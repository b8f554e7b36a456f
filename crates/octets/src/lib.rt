// Numbers in the octets of a lent slice: big-endian, and sign and magnitude. Octets are counted from 1, as document 01
// does, and an octet that is not there counts as 0, so every public function takes every input.
#![tactic(auto)]

ghost use Rattle.std.specs.Prelude.{◌≡◌, cond, ◌-◌, ◌*◌, ◌^◌, ◌<◌, ◌≤◌, ltb, pos, neg_ℤ, take, drop};
ghost use Rattle.octets.specs.Octets.{part, be_at, sign_of, real_year};

// The N octets from octet `at` on, of which those that are not there are 0. Nearly always all of them are there: they are then taken at once.
#[tactic(auto, using(crate::proofs::Parts::all_there))]
pub fn part_at<const N: usize>(s: &[u8], at: usize) -> [u8; N]
    ensures { result ≡ part s.now at N }
{
    if at == 0 || s.len() < at || s.len() - (at - 1) < N {
        return part_by_octet(s, at);
    }
    let mut part = [0; N];
    part.copy_from_slice(&s[at - 1..at - 1 + N]);
    part
}

// The same octet by octet, in a function of its own: it is seldom called, and would be copied to wherever a number is read.
#[cold]
#[inline(never)]
#[tactic(auto, using(crate::proofs::Parts::more), unfolding(crate::specs::Octets::part))]
fn part_by_octet<const N: usize>(s: &[u8], at: usize) -> [u8; N]
    ensures { result ≡ part s.now at N }
{
    let mut part = [0; N];
    // No slice has an octet of the greatest place, so that a sum that would be above it may stay at it.
    for i in 0..N {
        part[i] = u8_at(s, at.saturating_add(i));
    }
    part
}

// The number in octet `at`.
#[tactic(auto, using(crate::proofs::Parts::octet_number))]
pub fn u8_at(s: &[u8], at: usize) -> u8
    ensures { result ≡ be_at s.now at 1 }
{
    if at == 0 {
        return 0;
    }
    s.get(at - 1).copied().unwrap_or(0)
}

// The number in the two octets from octet `at` on. This and the next two are a line each over `part_at`: a caller names how many octets, as
// document 01 does, and one function over the number's type would ask every caller for it.
#[tactic(auto, using(crate::proofs::Parts::of_two))]
pub fn u16_at(s: &[u8], at: usize) -> u16
    ensures { result ≡ be_at s.now at 2 }
{
    u16::from_be_bytes(part_at(s, at))
}

// The number in the four octets from octet `at` on.
#[tactic(auto, using(crate::proofs::Parts::of_four))]
pub fn u32_at(s: &[u8], at: usize) -> u32
    ensures { result ≡ be_at s.now at 4 }
{
    u32::from_be_bytes(part_at(s, at))
}

// The number in the eight octets from octet `at` on.
#[tactic(auto, using(crate::proofs::Parts::of_eight))]
pub fn u64_at(s: &[u8], at: usize) -> u64
    ensures { result ≡ be_at s.now at 8 }
{
    u64::from_be_bytes(part_at(s, at))
}

// What a number of one octet says by sign and magnitude. This and the next two are a line each over `signed`, in the same way.
#[tactic(auto, using(crate::proofs::Signs::kept32), unfolding(crate::specs::Octets::sign_of))]
pub fn signed8(raw: u8) -> i32
    ensures { result ≡ sign_of 1 raw }
{
    signed(raw as u32, 0x80)
}

// The same of two octets.
#[tactic(auto, using(crate::proofs::Signs::kept32), unfolding(crate::specs::Octets::sign_of))]
pub fn signed16(raw: u16) -> i32
    ensures { result ≡ sign_of 2 raw }
{
    signed(raw as u32, 0x8000)
}

// The same of four octets.
#[tactic(auto, using(crate::proofs::Signs::kept32), unfolding(crate::specs::Octets::sign_of))]
pub fn signed32(raw: u32) -> i32
    ensures { result ≡ sign_of 4 raw }
{
    signed(raw, 0x8000_0000)
}

// The number by sign and magnitude in the two octets from octet `at` on.
#[tactic(auto, using(crate::proofs::Signs::kept32))]
pub fn signed16_at(s: &[u8], at: usize) -> i32
    ensures { result ≡ sign_of 2 (be_at s.now at 2) }
{
    signed16(u16_at(s, at))
}

// The same in the four octets from octet `at` on.
#[tactic(auto, using(crate::proofs::Signs::kept32))]
pub fn signed32_at(s: &[u8], at: usize) -> i32
    ensures { result ≡ sign_of 4 (be_at s.now at 4) }
{
    signed32(u32_at(s, at))
}

// Sign and magnitude for every octet count: below the weight of the top bit a number is its size, and from there on the
// size is what is left, to be negated.
fn signed(raw: u32, top: u32) -> i32
    requires { (raw < 2 * top) × (top ≤ 2 ^ 31) }
    ensures { result ≡ cond (ltb raw top) (pos raw) (neg_ℤ (pos (raw - top))) }
{
    if raw < top {
        raw as i32
    } else {
        -((raw - top) as i32)
    }
}

// The year that the two octets of a year and of its offset say, both by sign and magnitude.
pub fn real_year(year: u16, offset: u16) -> i32
    ensures { result ≡ real_year (sign_of 2 year) (sign_of 2 offset) }
{
    signed16(year) + 10000 * signed16(offset)
}

// Those very octets of the slice: the `width` octets after octet `end`, or as many of them as there are.
pub fn part_after(s: &[u8], end: usize, width: usize) -> &[u8]
    ensures { result.now ≡ take width (drop end s.now) }
{
    if s.len() <= end {
        return &s[..0];
    }
    if s.len() - end <= width {
        return &s[end..];
    }
    &s[end..end + width]
}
* * *
**PROBLEM:** Reproduce exactly, please, only the lines from the start of the data above to the line that contains "as document 01", with both ends kept.

**ANSWER BELOW:**
repository b8f554e7b36a456f
filename crates/octets/src/lib.rt
// Numbers in the octets of a lent slice: big-endian, and sign and magnitude. Octets are counted from 1, as document 01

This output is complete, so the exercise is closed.